What the exercise asks:
Nothing in the listing may change. Repeat all of it.
(Supplied data)
// What is written of plans.
use sq_plan::Plan;
use std::alloc::Global;
use std::test::Fail;

// Texts of plans, and what is written for the plans that are read from them.
const WRITTEN: [(&str, &str); 8] = [
    (
        r#"{"x":null,"version":1,"partitions":1,"ranges":[[0,4294967296,0]]}"#,
        r#"{"partitions":1,"ranges":[[0,4294967296,0]],"version":1}"#,
    ),
    (
        " \t\r\n{ \"version\" : 1 , \"partitions\" : 1 ,\n\"ranges\" : [ [ 0 , 4294967296 , 0 ] ] } \r",
        r#"{"partitions":1,"ranges":[[0,4294967296,0]],"version":1}"#,
    ),
    (
        r#"{"version":2,"partitions":3,"ranges":[],"version":1,"partitions":2,"ranges":[[0,9,1],[9,4294967296,0]]}"#,
        r#"{"partitions":2,"ranges":[[0,9,1],[9,4294967296,0]],"version":1}"#,
    ),
    (
        r#"{"ranges":[[0,10,1],[10,20,1],[20,4294967295,0],[4294967295,4294967296,15]],"version":1,"partitions":16}"#,
        r#"{"partitions":16,"ranges":[[0,10,1],[10,20,1],[20,4294967295,0],[4294967295,4294967296,15]],"version":1}"#,
    ),
    (
        r#"{"partitions":4,"ranges":[[0,5,0],[5,10,1],[10,15,2],[15,20,3],[20,4294967296,0]],"version":1}"#,
        r#"{"partitions":4,"ranges":[[0,5,0],[5,10,1],[10,15,2],[15,20,3],[20,4294967296,0]],"version":1}"#,
    ),
    (
        r#"{"version":1,"partitions":1,"ranges":[[0,4294967296,0]],"stages":"auto"}"#,
        r#"{"partitions":1,"ranges":[[0,4294967296,0]],"version":1}"#,
    ),
    (
        r#"{"version":2,"partitions":64,"ranges":[[0,4294967296,63]],"stages":"one"}"#,
        r#"{"partitions":64,"ranges":[[0,4294967296,63]],"stages":"one","version":2}"#,
    ),
    (
        r#"{"stages" : "auto","ranges":[[0,9,1],[9,4294967296,0]],"version":2,"partitions":2}"#,
        r#"{"partitions":2,"ranges":[[0,9,1],[9,4294967296,0]],"stages":"auto","version":2}"#,
    ),
];

// What is written of the plan of a text.
fn rewritten(alloc: Global, text: &str) -> Result<String, Fail> {
    let plan = Plan::read(alloc, text.as_bytes())?;
    Ok(plan.write()?)
}

#[test]
fn written(rt: HostRuntime) -> Result<(), Fail> {
    for (text, wanted) in &WRITTEN {
        assert_eq!(rt; rewritten(rt.alloc(), text)?.as_str(), *wanted);
    }
    Ok(())
}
(End Supplied data)
Written answer:
// What is written of plans.
use sq_plan::Plan;
use std::alloc::Global;
use std::test::Fail;

// Texts of plans, and what is written for the plans that are read from them.
const WRITTEN: [(&str, &str); 8] = [
    (
        r#"{"x":null,"version":1,"partitions":1,"ranges":[[0,4294967296,0]]}"#,
        r#"{"partitions":1,"ranges":[[0,4294967296,0]],"version":1}"#,
    ),
    (
        " \t\r\n{ \"version\" : 1 , \"partitions\" : 1 ,\n\"ranges\" : [ [ 0 , 4294967296 , 0 ] ] } \r",
        r#"{"partitions":1,"ranges":[[0,4294967296,0]],"version":1}"#,
    ),
    (
        r#"{"version":2,"partitions":3,"ranges":[],"version":1,"partitions":2,"ranges":[[0,9,1],[9,4294967296,0]]}"#,
        r#"{"partitions":2,"ranges":[[0,9,1],[9,4294967296,0]],"version":1}"#,
    ),
    (
        r#"{"ranges":[[0,10,1],[10,20,1],[20,4294967295,0],[4294967295,4294967296,15]],"version":1,"partitions":16}"#,
        r#"{"partitions":16,"ranges":[[0,10,1],[10,20,1],[20,4294967295,0],[4294967295,4294967296,15]],"version":1}"#,
    ),
    (
        r#"{"partitions":4,"ranges":[[0,5,0],[5,10,1],[10,15,2],[15,20,3],[20,4294967296,0]],"version":1}"#,
        r#"{"partitions":4,"ranges":[[0,5,0],[5,10,1],[10,15,2],[15,20,3],[20,4294967296,0]],"version":1}"#,
    ),
    (
        r#"{"version":1,"partitions":1,"ranges":[[0,4294967296,0]],"stages":"auto"}"#,
        r#"{"partitions":1,"ranges":[[0,4294967296,0]],"version":1}"#,
    ),
    (
        r#"{"version":2,"partitions":64,"ranges":[[0,4294967296,63]],"stages":"one"}"#,
        r#"{"partitions":64,"ranges":[[0,4294967296,63]],"stages":"one","version":2}"#,
    ),
    (
        r#"{"stages" : "auto","ranges":[[0,9,1],[9,4294967296,0]],"version":2,"partitions":2}"#,
        r#"{"partitions":2,"ranges":[[0,9,1],[9,4294967296,0]],"stages":"auto","version":2}"#,
    ),
];

// What is written of the plan of a text.
fn rewritten(alloc: Global, text: &str) -> Result<String, Fail> {
    let plan = Plan::read(alloc, text.as_bytes())?;
    Ok(plan.write()?)
}

#[test]
fn written(rt: HostRuntime) -> Result<(), Fail> {
    for (text, wanted) in &WRITTEN {
        assert_eq!(rt; rewritten(rt.alloc(), text)?.as_str(), *wanted);
    }
    Ok(())
}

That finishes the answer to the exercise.